YOUR INSTRUCTIONS: Give only the number of lines in these records that contain the word "CommandKind".

Saved data entries
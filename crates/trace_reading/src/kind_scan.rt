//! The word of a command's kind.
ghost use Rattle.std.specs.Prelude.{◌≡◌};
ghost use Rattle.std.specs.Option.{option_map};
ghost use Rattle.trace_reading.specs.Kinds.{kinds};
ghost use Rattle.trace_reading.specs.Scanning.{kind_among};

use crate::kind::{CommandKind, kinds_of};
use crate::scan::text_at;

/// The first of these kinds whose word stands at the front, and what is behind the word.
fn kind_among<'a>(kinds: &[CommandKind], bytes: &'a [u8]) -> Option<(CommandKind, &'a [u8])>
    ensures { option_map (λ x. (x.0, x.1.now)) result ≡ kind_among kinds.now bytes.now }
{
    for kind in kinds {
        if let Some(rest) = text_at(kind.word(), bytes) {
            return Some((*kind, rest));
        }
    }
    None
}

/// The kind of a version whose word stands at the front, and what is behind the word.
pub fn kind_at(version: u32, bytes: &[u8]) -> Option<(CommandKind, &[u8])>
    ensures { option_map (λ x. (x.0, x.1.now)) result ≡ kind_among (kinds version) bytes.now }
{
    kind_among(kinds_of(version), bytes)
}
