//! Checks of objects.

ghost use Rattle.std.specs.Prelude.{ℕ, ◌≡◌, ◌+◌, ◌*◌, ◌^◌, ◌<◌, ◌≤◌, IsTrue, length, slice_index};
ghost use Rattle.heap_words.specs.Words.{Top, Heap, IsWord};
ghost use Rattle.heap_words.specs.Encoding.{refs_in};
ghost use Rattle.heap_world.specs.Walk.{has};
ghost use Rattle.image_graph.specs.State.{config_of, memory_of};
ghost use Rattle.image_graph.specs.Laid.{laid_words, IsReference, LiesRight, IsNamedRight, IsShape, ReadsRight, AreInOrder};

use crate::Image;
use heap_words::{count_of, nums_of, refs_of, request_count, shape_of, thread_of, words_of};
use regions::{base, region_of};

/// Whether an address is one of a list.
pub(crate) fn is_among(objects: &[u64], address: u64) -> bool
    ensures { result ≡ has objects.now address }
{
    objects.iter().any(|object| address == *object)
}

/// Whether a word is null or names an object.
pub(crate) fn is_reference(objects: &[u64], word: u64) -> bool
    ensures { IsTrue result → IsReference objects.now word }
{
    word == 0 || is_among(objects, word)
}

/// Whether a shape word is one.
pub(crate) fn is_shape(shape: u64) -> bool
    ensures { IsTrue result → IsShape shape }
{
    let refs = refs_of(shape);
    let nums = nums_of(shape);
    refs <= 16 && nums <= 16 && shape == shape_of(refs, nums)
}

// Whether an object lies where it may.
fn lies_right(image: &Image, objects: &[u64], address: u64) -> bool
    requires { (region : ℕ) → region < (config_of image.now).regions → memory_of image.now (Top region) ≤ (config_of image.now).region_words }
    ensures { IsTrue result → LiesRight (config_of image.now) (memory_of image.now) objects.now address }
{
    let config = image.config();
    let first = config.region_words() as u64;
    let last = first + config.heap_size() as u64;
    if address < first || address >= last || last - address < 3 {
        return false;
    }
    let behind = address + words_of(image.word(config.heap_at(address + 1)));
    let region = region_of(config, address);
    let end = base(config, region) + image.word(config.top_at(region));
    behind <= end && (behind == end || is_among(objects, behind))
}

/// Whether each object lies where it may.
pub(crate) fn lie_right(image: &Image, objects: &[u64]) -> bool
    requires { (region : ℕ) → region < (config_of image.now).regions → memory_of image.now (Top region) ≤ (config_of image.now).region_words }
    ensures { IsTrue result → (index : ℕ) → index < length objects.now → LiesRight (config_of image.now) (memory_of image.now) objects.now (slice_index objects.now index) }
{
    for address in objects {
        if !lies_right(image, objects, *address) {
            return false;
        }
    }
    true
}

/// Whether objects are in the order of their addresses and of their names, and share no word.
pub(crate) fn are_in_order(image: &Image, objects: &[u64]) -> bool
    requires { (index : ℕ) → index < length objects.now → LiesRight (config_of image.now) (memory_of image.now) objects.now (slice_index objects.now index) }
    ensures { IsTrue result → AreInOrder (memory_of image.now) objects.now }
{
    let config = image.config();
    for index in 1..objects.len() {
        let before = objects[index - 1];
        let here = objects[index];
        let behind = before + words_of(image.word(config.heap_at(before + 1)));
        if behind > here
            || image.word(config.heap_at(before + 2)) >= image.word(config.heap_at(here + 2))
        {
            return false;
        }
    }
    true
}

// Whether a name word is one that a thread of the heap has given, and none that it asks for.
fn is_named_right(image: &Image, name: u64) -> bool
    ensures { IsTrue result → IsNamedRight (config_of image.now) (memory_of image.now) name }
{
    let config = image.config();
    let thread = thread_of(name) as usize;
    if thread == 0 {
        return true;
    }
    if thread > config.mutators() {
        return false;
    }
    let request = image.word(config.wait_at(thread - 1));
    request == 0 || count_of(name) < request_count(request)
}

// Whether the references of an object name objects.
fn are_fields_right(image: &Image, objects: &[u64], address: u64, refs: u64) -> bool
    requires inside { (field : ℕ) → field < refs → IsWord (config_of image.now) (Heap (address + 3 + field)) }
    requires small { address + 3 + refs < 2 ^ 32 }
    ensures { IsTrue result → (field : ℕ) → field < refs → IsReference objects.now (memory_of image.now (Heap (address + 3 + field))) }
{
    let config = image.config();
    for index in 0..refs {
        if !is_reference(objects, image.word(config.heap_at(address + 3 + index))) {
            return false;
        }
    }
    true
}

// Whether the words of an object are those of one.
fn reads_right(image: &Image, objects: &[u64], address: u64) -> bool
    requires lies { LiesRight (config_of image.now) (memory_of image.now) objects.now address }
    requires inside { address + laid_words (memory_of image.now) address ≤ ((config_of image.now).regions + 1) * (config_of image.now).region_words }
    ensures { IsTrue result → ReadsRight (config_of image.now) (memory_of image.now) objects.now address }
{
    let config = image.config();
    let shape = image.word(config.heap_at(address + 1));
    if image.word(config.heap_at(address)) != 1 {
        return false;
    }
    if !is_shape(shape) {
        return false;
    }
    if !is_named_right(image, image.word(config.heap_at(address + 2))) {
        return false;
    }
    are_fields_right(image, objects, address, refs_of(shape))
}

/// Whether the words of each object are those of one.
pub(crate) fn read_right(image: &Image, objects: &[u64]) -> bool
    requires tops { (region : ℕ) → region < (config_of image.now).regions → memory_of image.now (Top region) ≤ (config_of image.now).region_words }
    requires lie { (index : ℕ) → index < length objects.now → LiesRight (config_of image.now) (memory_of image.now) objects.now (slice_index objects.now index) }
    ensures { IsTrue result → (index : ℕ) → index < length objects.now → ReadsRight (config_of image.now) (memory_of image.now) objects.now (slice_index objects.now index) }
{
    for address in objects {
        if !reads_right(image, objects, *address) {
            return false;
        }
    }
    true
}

EXERCISE SOLUTION: 3